Task description: The output is the lines below from the one with "use crate::judge_fault::JudgeFault;" through the one with "for more, all", both included, printed exactly and with no other line.

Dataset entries

**********

// Why a line is refused.
ghost use Rattle.std.specs.Prelude.{◌≡◌};
ghost use Rattle.test_runner_core.specs.Judging.{line_refusal_of};
ghost use Rattle.test_runner_core.specs.Texts.{text_of};

use std::fmt;
use test_runner_core_log_reader::LineFault;
use test_runner_core_run_model::StepRefusal;

/// Why a line of a log is refused, in the order in which the reasons are looked for.
#[derive(Clone, Copy, Debug, PartialEq, Eq, Hash)]
pub enum LineRefusal {
    /// The line has more bytes than a line may.
    LineTooLong,
    /// The log has more bytes than a log may, and the first of them is in the line.
    LogTooLong,
    /// The log ends within the line.
    NoLineEnd,
    /// The line isn't UTF-8.
    NotUtf8,
    /// The line isn't empty and spells no event.
    BadLine,
    /// Its event can't happen in the state in which it comes.
    Step(StepRefusal),
}

impl fmt::Display for LineRefusal {
    ghost use Rattle.std.specs.Prelude.{Some};
    ghost use Rattle.test_runner_core.specs.Texts.{text_of};

    ghost output = { λ it. Some (text_of it) };

    fn fmt<W: fmt::Write>(&self, f: &mut fmt::Formatter<W>) -> fmt::Result {
        match self {
            LineRefusal::LineTooLong => f.write_str("LineTooLong"),
            LineRefusal::LogTooLong => f.write_str("LogTooLong"),
            LineRefusal::NoLineEnd => f.write_str("NoLineEnd"),
            LineRefusal::NotUtf8 => f.write_str("NotUtf8"),
            LineRefusal::BadLine => f.write_str("BadLine"),
            LineRefusal::Step(refusal) => f.write_str(step_name(*refusal)),
        }
    }
}

// The name of a step's refusal.
fn step_name(refusal: StepRefusal) -> &'static str
    ensures { result.now ≡ text_of (LineRefusal.Step refusal) }
{
    match refusal {
        StepRefusal::UnknownScript => "UnknownScript",
        StepRefusal::UnknownTest => "UnknownTest",
        StepRefusal::Stopped => "Stopped",
        StepRefusal::OutOfOrder => "OutOfOrder",
        StepRefusal::ScriptsPending => "ScriptsPending",
        StepRefusal::Running => "Running",
        StepRefusal::Finished => "Finished",
        StepRefusal::NotRunning => "NotRunning",
        StepRefusal::InnerReason => "InnerReason",
    }
}

/// A line of a log that is refused.
#[derive(Clone, Copy, Debug, PartialEq, Eq, Hash)]
pub struct RefusedLine {
    /// The number of the line, from 1; empty lines count.
    pub line: u64,
    /// Why it is refused.
    pub refusal: LineRefusal,
}

pub(crate) fn refused_at(line: u64, refusal: LineRefusal) -> RefusedLine
    ensures { result ≡ record { line = line; refusal = refusal } }
{
    RefusedLine { line, refusal }
}

// The refusal of a line that has no end, or where a limit is passed.
pub(crate) fn refusal_for(fault: LineFault) -> LineRefusal
    ensures { result ≡ line_refusal_of fault }
{
    match fault {
        LineFault::LineTooLong => LineRefusal::LineTooLong,
        LineFault::LogTooLong => LineRefusal::LogTooLong,
        LineFault::NoLineEnd => LineRefusal::NoLineEnd,
    }
}
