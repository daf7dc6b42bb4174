// The predicates of the language.
use crate::matcher::NameMatcher;

/// A part of a text.
#[derive(Clone, Copy, Debug, PartialEq, Eq)]
pub struct SourceSpan {
    /// Where it begins, in bytes.
    pub offset: usize,
    /// How many bytes it has.
    pub length: usize,
}

/// The platform that a binary is built for.
#[derive(Clone, Copy, Debug, PartialEq, Eq)]
pub enum BuildPlatform {
    /// The host, as for build scripts and procedural macros.
    Host,
    /// The target.
    Target,
}

/// A predicate with its argument, and where it stands. Two are the same with the same matcher at
/// the same place.
#[derive(Debug, PartialEq, Eq)]
pub enum ParsedLeaf {
    /// `package(..)`: the package's name.
    Package(NameMatcher, SourceSpan),
    /// `deps(..)`: a package with such a name, and what it depends on.
    Deps(NameMatcher, SourceSpan),
    /// `rdeps(..)`: a package with such a name, and what depends on it.
    Rdeps(NameMatcher, SourceSpan),
    /// `kind(..)`: the binary's kind.
    Kind(NameMatcher, SourceSpan),
    /// `binary(..)`: the binary's name.
    Binary(NameMatcher, SourceSpan),
    /// `binary_id(..)`: the binary's id.
    BinaryId(NameMatcher, SourceSpan),
    /// `platform(..)`: the platform that the binary is built for.
    Platform(BuildPlatform, SourceSpan),
    /// `test(..)`: the test's name.
    Test(NameMatcher, SourceSpan),
    /// `group(..)`: the test's group.
    Group(NameMatcher, SourceSpan),
    /// `default()`: the default filter.
    Default(SourceSpan),
    /// `all()`: everything.
    All,
    /// `none()`: nothing.
    None,
}

// Code that drops one calls this, and doesn't look into it.
impl Drop for ParsedLeaf {
    fn drop(self) {
        match self {
            ParsedLeaf::Package(_, _) => {}
            ParsedLeaf::Deps(_, _) => {}
            ParsedLeaf::Rdeps(_, _) => {}
            ParsedLeaf::Kind(_, _) => {}
            ParsedLeaf::Binary(_, _) => {}
            ParsedLeaf::BinaryId(_, _) => {}
            ParsedLeaf::Platform(_, _) => {}
            ParsedLeaf::Test(_, _) => {}
            ParsedLeaf::Group(_, _) => {}
            ParsedLeaf::Default(_) => {}
            ParsedLeaf::All => {}
            ParsedLeaf::None => {}
        }
    }
}
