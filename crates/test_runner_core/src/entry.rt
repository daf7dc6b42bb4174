// The two ways to judge a run: of inputs and a log, and of one stream that has both.
ghost use Rattle.std.specs.Prelude.{◌≡◌, ℕ, ◌+◌, ◌^◌, ◌<◌, ◌≤◌, List, IfOk, IfSome, Err, length};
ghost use Rattle.test_runner_core_log_reader.specs.Limits.{first_line_reads, log_reads};
ghost use Rattle.test_runner_core_streams.specs.Left.{OfBytes};
ghost use Rattle.test_runner_core_inputs.specs.Reading.{read_inputs};
ghost use Rattle.test_runner_core_log_reader.specs.Feeds.{before_feed};
ghost use Rattle.test_runner_core_log_reader.specs.Items.{items};
ghost use Rattle.test_runner_core.specs.Faults.{CountsReadFailures, CountsWriteFailures, lacks_memory};
ghost use Rattle.test_runner_core.specs.Headline.{Headline, StreamHeadline};
ghost use Rattle.test_runner_core.specs.Near.{InputsNear, LogNear, StreamNear};
ghost use Rattle.test_runner_core.specs.Outcome.{HasNoPlan, ReportsStream, table_of};
ghost use Rattle.test_runner_core.specs.Inside.{IsGotOf};
ghost use Rattle.test_runner_core.specs.Report.{Begun, Composed, HasSoFar, IsStatus, OfLeft, Reports, ReportsLog};
ghost use Rattle.test_runner_core_log_reader.specs.Cursor.{items_ahead};
ghost use Rattle.test_runner_core_planning.specs.Plan.{AsksWith, Builds, Plans};
ghost use Rattle.test_runner_core_planning.specs.declared.plan_fault.PlanFault.{PlanFault};
ghost use Rattle.test_runner_core_workspace.specs.declared.record.Binary.{Binary};

use crate::judge_fault::JudgeFault;
use crate::whole_report::{judge_plan, refuse_inputs, refuse_plan};
use std::alloc::Global;
use test_runner_core_inputs::{Inputs, InputsError, InputsRefusal};
use test_runner_core_log_reader::LogLines;
use test_runner_core_plan::Plan;
use test_runner_core_planning::{BuildPlan, PlanError};
use test_runner_core_streams::{LogReader, ReportWriter};
use test_runner_core_workspace::{Lister, TableLister};

/// Judges the run of inputs by a log, writes its report and answers its exit status. The lister is
/// asked once for each listed binary, in the workspace's order, up to the first whose answer is
/// refused, and for none where the inputs are refused before. Where the inputs have no plan,
/// nothing of the log is read, and the report is the one line of the refusal. Whenever the log is
/// asked for more, all is written that the whole lines so far come to: that is said, in `reports`,
/// of a read that fails. No read asks for more than `READ_LIMIT` bytes, which a `LogReader` may
/// rely on; and where the reader's bytes are known, fewer than that many are taken past the line
/// that decides, and past each line up to which the report was not written whole (`near`).
///
/// Where no line is refused, the log agrees with an assignment and has no stop, and the run is
/// complete, the status is that assignment's due status, and where no script of the assignment
/// stops the run and its failing tests weigh less than the limit the report ends with the final text
/// of plan and assignment, in whatever order the tests ran; where the log is cut, or has a stop, the
/// status is that or a more severe one.
///
/// The log is that of the bytes that the reader has left. Where these aren't known, as those of
/// standard input aren't, all this holds of some log.
///
/// # Errors
///
/// `Read` after a failed read: the report has what the whole lines come to that were got. `Write`
/// after a failed write and `Memory` where there is no memory: the report has a prefix of what it
/// would have been. A failed read or write is never tried again. Where there is no memory the
/// lister was asked for a prefix of the listed binaries.
pub fn judge<L: Lister, R: LogReader, W: ReportWriter>(
    alloc: Global,
    inputs: &Inputs,
    lister: &mut L,
    log: &mut R,
    report: &mut W,
) -> Result<u8, JudgeFault>
    requires calls_fit { R.calls log.old < 2 ^ 62 }
    requires failures_fit { R.failures log.old < 2 ^ 62 }
    requires writes_fit { W.failures report.old < 2 ^ 62 }
    ensures reports { ReportsLog (L.answer lister.old) inputs.now result (R.left log.old)
        (R.left log.new) (W.taken report.old) (W.taken report.new) }
    ensures status { IfOk result IsStatus }
    ensures headline { IfOk result (λ code. OfLeft (R.left log.old) (λ bytes.
        Headline (L.answer lister.old) inputs.now (items 0 bytes) code
        (W.taken report.old) (W.taken report.new))) }
    ensures stays { (other : Binary) → L.answer lister.new other ≡ L.answer lister.old other }
    ensures asks { AsksWith (L.answer lister.old) inputs.now (lacks_memory result)
        (L.asked lister.old) (L.asked lister.new) }
    ensures unread { (refusal : PlanFault) → Plans (L.answer lister.old) inputs.now (Err refusal)
        → R.calls log.new ≡ R.calls log.old }
    ensures reads { R.calls log.new ≤ R.calls log.old + log_reads }
    ensures near { LogNear (L.answer lister.old) inputs.now (R.left log.old) (R.left log.new)
        (W.taken report.old) (W.taken report.new) }
    ensures read_failures { CountsReadFailures result (R.failures log.old) (R.failures log.new)
        (R.last_failed log.new) }
    ensures write_failures { CountsWriteFailures result (W.failures report.old)
        (W.failures report.new) (W.last_failed report.new) }
{
    match Plan::build(alloc, inputs, lister) {
        Ok(plan) => judge_plan(alloc, &plan, &mut LogLines::new(alloc), log, report),
        Err(PlanError::Refused(refusal)) => Ok(refuse_plan(alloc, &refusal, report)?),
        Err(PlanError::OutOfMemory) => Err(JudgeFault::Memory),
    }
}

/// Judges the run of one stream: its bytes up to the first line feed, or to its end, are the JSON
/// inputs, with the tests of each binary, and the rest is the log. A first line of more than
/// 16,777,216 bytes is no inputs. Where the first line is no inputs or they have no plan, the
/// reader is called for that line alone: each call but the last brings some of its bytes
/// (`unread`). No read asks for more than `READ_LIMIT` bytes, and fewer than that many are taken
/// past the line that decides, and past each up to which the report was not written whole (`near`).
/// The stream is that of the bytes that the reader has left; where these aren't known, all this
/// holds of some stream.
///
/// # Errors
///
/// `Read` after a failed read: the report has what the whole lines come to that were got, which is
/// nothing before the first line feed. `Write` after a failed write and `Memory` where there is no
/// memory: the report has a prefix of what it would have been. A failed read or write is never
/// tried again.
pub fn judge_stream<R: LogReader, W: ReportWriter>(
    alloc: Global,
    input: &mut R,
    report: &mut W,
) -> Result<u8, JudgeFault>
    requires calls_fit { R.calls input.old < 2 ^ 62 }
    requires failures_fit { R.failures input.old < 2 ^ 62 }
    requires writes_fit { W.failures report.old < 2 ^ 62 }
    ensures reports { ReportsStream result (R.left input.old) (R.left input.new)
        (W.taken report.old) (W.taken report.new) }
    ensures status { IfOk result IsStatus }
    ensures headline { IfOk result (λ code. OfLeft (R.left input.old) (λ bytes.
        StreamHeadline bytes code (W.taken report.old) (W.taken report.new))) }
    ensures unread { IfSome (R.left input.old) (λ bytes. HasNoPlan (read_inputs (before_feed bytes))
        → R.calls input.new ≤ R.calls input.old + length (before_feed bytes) + 1) }
    ensures reads { R.calls input.new ≤ R.calls input.old + first_line_reads + log_reads }
    ensures near { StreamNear (R.left input.old) (R.left input.new) (W.taken report.old)
        (W.taken report.new) }
    ensures read_failures { CountsReadFailures result (R.failures input.old) (R.failures input.new)
        (R.last_failed input.new) }
    ensures write_failures { CountsWriteFailures result (W.failures report.old)
        (W.failures report.new) (W.last_failed report.new) }
{
    let Some(mut lines) = LogLines::behind_first_line(alloc, input)? else {
        return refuse_inputs(alloc, &InputsRefusal::Syntax, report);
    };
    match Inputs::from_json(alloc, lines.line()) {
        Ok(inputs) => judge_by_table(alloc, inputs, &mut lines, input, report),
        Err(InputsError::Refused(refusal)) => refuse_inputs(alloc, &refusal, report),
        Err(InputsError::OutOfMemory) => Err(JudgeFault::Memory),
    }
}

// Judges the run of inputs by the lines of a log, where each binary answers by the inputs' own
// table.
fn judge_by_table<R: LogReader, W: ReportWriter>(
    alloc: Global,
    inputs: Inputs,
    lines: &mut LogLines,
    log: &mut R,
    report: &mut W,
) -> Result<u8, JudgeFault>
    requires calls_fit { R.calls log.old + 2 ^ 32 ≤ 2 ^ 63 }
    requires failures_fit { R.failures log.old < 2 ^ 62 }
    requires writes_fit { W.failures report.old < 2 ^ 62 }
    ensures reports { Reports result
        (λ parts code. OfBytes (R.left log.old) (λ bytes.
        Composed (table_of inputs) inputs (items_ahead lines.old bytes) parts code))
        (λ parts. (front : List (List ℕ))
        × IsGotOf lines.old (R.left log.old) (R.left log.new) front
        × HasSoFar (table_of inputs) inputs front parts)
        (λ parts. OfBytes (R.left log.old) (λ bytes.
        Begun (table_of inputs) inputs (items_ahead lines.old bytes) parts))
        (W.taken report.old) (W.taken report.new) }
    ensures status { IfOk result IsStatus }
    ensures unread { (refusal : PlanFault) → Plans (table_of inputs) inputs (Err refusal)
        → R.calls log.new ≡ R.calls log.old }
    ensures reads { R.calls log.new ≤ R.calls log.old + log_reads }
    ensures near { InputsNear inputs lines.old (R.left log.old) (R.left log.new)
        (W.taken report.old) (W.taken report.new) }
    ensures read_failures { CountsReadFailures result (R.failures log.old) (R.failures log.new)
        (R.last_failed log.new) }
    ensures write_failures { CountsWriteFailures result (W.failures report.old)
        (W.failures report.new) (W.last_failed report.new) }
{
    match plan_by_table(alloc, inputs) {
        Ok(plan) => judge_plan(alloc, &plan, lines, log, report),
        Err(PlanError::Refused(refusal)) => Ok(refuse_plan(alloc, &refusal, report)?),
        Err(PlanError::OutOfMemory) => Err(JudgeFault::Memory),
    }
}

// The plan of inputs, where each binary answers by their own table. The inputs' room is given back.
fn plan_by_table(alloc: Global, inputs: Inputs) -> Result<Plan, PlanError>
    ensures { Builds (table_of inputs) inputs result }
{
    let mut lister = TableLister::new(alloc, &inputs.workspace)?;
    Plan::build(alloc, &inputs, &mut lister)
}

**********

Written solution:
use crate::judge_fault::JudgeFault;
use crate::whole_report::{judge_plan, refuse_inputs, refuse_plan};
use std::alloc::Global;
use test_runner_core_inputs::{Inputs, InputsError, InputsRefusal};
use test_runner_core_log_reader::LogLines;
use test_runner_core_plan::Plan;
use test_runner_core_planning::{BuildPlan, PlanError};
use test_runner_core_streams::{LogReader, ReportWriter};
use test_runner_core_workspace::{Lister, TableLister};

/// Judges the run of inputs by a log, writes its report and answers its exit status. The lister is
/// asked once for each listed binary, in the workspace's order, up to the first whose answer is
/// refused, and for none where the inputs are refused before. Where the inputs have no plan,
/// nothing of the log is read, and the report is the one line of the refusal. Whenever the log is
/// asked for more, all is written that the whole lines so far come to: that is said, in `reports`,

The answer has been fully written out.